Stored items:
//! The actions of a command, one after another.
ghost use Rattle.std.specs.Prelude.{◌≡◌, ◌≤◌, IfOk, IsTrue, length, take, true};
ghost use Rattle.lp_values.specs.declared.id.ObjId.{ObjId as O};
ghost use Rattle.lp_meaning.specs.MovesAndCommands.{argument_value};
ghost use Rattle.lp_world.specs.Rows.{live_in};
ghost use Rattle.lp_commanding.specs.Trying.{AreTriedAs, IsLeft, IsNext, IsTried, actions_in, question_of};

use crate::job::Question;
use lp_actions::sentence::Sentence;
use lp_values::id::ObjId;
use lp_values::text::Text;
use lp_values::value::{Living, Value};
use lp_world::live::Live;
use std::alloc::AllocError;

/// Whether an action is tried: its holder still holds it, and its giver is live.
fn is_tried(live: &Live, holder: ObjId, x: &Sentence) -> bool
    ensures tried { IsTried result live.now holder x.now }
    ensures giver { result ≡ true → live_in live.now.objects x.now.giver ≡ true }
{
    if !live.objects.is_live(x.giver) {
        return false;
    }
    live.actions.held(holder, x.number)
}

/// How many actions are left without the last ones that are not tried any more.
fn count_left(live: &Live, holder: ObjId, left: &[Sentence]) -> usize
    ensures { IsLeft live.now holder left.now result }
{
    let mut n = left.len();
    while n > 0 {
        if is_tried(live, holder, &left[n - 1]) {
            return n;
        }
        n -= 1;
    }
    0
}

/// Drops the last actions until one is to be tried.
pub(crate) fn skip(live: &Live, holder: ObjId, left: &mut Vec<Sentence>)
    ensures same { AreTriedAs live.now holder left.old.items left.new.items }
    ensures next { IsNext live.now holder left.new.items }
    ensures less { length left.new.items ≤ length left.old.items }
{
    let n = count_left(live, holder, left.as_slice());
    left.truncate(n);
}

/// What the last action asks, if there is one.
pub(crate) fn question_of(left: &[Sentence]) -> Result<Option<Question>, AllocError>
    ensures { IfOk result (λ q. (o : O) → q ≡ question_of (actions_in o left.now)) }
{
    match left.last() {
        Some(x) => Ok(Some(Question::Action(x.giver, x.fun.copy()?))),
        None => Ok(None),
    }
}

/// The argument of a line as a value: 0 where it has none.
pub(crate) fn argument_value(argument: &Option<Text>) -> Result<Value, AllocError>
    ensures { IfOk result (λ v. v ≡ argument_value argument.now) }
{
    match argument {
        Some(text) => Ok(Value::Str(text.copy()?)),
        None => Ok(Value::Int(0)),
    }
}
* * *
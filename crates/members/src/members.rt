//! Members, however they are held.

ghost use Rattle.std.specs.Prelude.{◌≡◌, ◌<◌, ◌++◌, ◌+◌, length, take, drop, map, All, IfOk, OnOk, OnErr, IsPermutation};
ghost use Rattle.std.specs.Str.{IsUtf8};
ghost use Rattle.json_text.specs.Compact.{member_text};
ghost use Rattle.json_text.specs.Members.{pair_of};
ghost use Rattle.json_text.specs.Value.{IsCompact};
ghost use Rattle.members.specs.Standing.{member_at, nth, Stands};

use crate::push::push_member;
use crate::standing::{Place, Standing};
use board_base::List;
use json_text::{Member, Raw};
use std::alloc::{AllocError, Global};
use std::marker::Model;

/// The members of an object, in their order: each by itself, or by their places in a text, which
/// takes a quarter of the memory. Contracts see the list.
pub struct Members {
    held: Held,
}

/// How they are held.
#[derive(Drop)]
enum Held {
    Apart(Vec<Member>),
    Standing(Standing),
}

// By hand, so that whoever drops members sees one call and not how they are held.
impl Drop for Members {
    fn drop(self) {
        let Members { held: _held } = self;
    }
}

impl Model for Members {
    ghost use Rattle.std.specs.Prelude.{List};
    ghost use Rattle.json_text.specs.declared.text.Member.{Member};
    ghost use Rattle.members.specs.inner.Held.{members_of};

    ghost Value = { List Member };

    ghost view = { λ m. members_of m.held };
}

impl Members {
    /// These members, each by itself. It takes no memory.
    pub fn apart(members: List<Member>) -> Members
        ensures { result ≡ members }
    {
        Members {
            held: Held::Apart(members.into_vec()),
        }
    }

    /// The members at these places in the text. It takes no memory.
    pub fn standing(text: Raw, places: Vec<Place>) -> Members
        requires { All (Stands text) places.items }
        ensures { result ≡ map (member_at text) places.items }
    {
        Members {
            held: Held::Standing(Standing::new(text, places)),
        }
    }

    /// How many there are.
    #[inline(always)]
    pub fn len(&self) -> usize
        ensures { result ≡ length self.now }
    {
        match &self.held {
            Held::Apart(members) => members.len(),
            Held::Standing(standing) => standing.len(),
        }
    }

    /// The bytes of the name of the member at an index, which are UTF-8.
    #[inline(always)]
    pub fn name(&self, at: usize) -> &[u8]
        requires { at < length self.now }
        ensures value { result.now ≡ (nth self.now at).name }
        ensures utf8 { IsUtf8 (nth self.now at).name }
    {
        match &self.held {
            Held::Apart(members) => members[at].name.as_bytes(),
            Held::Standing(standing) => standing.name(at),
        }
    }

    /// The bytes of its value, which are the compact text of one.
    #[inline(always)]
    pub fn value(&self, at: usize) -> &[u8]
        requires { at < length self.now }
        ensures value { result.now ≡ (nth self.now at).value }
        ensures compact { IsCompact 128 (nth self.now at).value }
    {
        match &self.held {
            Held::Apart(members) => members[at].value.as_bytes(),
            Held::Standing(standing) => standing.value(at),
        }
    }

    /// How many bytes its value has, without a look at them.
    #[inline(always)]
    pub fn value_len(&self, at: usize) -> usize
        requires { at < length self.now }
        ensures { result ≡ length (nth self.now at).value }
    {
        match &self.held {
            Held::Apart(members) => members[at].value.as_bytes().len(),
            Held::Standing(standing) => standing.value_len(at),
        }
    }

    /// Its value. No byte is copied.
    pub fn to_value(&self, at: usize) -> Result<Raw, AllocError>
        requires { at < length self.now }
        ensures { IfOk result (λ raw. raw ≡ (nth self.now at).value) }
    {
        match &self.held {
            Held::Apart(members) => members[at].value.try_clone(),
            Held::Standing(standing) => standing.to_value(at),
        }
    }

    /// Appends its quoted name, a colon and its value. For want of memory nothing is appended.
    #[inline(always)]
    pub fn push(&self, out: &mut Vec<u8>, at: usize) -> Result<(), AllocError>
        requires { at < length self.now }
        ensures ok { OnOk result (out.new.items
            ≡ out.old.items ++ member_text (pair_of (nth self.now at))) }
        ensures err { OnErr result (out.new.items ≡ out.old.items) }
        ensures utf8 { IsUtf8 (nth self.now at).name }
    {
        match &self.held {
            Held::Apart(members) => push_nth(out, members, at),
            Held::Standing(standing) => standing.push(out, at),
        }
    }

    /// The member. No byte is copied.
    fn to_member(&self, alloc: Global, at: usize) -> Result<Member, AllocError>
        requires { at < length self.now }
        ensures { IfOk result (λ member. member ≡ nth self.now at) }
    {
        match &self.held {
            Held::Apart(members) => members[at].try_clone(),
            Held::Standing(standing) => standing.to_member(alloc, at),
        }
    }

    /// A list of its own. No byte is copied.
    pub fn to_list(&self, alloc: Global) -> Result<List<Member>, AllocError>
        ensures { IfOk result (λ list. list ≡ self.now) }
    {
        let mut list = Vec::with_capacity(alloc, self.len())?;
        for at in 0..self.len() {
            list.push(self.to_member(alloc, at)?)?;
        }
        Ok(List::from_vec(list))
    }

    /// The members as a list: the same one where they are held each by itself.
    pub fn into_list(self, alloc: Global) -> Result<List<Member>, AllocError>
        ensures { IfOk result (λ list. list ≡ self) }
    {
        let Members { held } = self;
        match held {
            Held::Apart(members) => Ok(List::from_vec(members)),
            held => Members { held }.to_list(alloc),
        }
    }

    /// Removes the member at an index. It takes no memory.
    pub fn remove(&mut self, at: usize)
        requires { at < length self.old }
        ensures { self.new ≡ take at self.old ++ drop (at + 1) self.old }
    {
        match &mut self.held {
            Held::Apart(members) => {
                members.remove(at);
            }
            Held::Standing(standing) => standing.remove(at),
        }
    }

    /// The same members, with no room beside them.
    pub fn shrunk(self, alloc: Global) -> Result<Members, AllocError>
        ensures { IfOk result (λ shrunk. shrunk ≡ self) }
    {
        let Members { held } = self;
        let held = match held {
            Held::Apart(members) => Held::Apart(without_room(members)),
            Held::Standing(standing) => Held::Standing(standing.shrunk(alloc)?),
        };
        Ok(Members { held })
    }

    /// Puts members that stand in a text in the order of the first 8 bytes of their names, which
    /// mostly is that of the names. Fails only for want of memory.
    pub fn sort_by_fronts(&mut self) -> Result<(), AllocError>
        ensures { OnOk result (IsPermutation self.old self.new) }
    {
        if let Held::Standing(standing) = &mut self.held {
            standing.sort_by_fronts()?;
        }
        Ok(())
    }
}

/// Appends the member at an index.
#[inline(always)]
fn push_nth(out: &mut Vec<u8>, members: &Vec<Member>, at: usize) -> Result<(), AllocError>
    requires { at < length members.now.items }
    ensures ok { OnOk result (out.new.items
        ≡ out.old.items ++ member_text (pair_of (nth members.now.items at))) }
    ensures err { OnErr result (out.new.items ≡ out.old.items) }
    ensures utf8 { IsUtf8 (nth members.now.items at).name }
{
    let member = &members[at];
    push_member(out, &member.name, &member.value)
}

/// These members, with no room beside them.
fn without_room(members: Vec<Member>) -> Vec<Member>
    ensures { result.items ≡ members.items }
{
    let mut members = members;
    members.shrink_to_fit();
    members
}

_PROBLEM DESCRIPTION_
Wherever the line holding "one after another." falls in the entries above, copy exactly from it through the line holding "fn count_left(live: &Live, holder: ObjId, left: &[Sentence])", inclusive, and add nothing.

_ANSWER TO THE PROBLEM_
//! The actions of a command, one after another.
ghost use Rattle.std.specs.Prelude.{◌≡◌, ◌≤◌, IfOk, IsTrue, length, take, true};
ghost use Rattle.lp_values.specs.declared.id.ObjId.{ObjId as O};
ghost use Rattle.lp_meaning.specs.MovesAndCommands.{argument_value};
ghost use Rattle.lp_world.specs.Rows.{live_in};
ghost use Rattle.lp_commanding.specs.Trying.{AreTriedAs, IsLeft, IsNext, IsTried, actions_in, question_of};

use crate::job::Question;
use lp_actions::sentence::Sentence;
use lp_values::id::ObjId;
use lp_values::text::Text;
use lp_values::value::{Living, Value};
use lp_world::live::Live;
use std::alloc::AllocError;

/// Whether an action is tried: its holder still holds it, and its giver is live.
fn is_tried(live: &Live, holder: ObjId, x: &Sentence) -> bool
    ensures tried { IsTried result live.now holder x.now }
    ensures giver { result ≡ true → live_in live.now.objects x.now.giver ≡ true }
{
    if !live.objects.is_live(x.giver) {
        return false;
    }
    live.actions.held(holder, x.number)
}

/// How many actions are left without the last ones that are not tried any more.
fn count_left(live: &Live, holder: ObjId, left: &[Sentence]) -> usize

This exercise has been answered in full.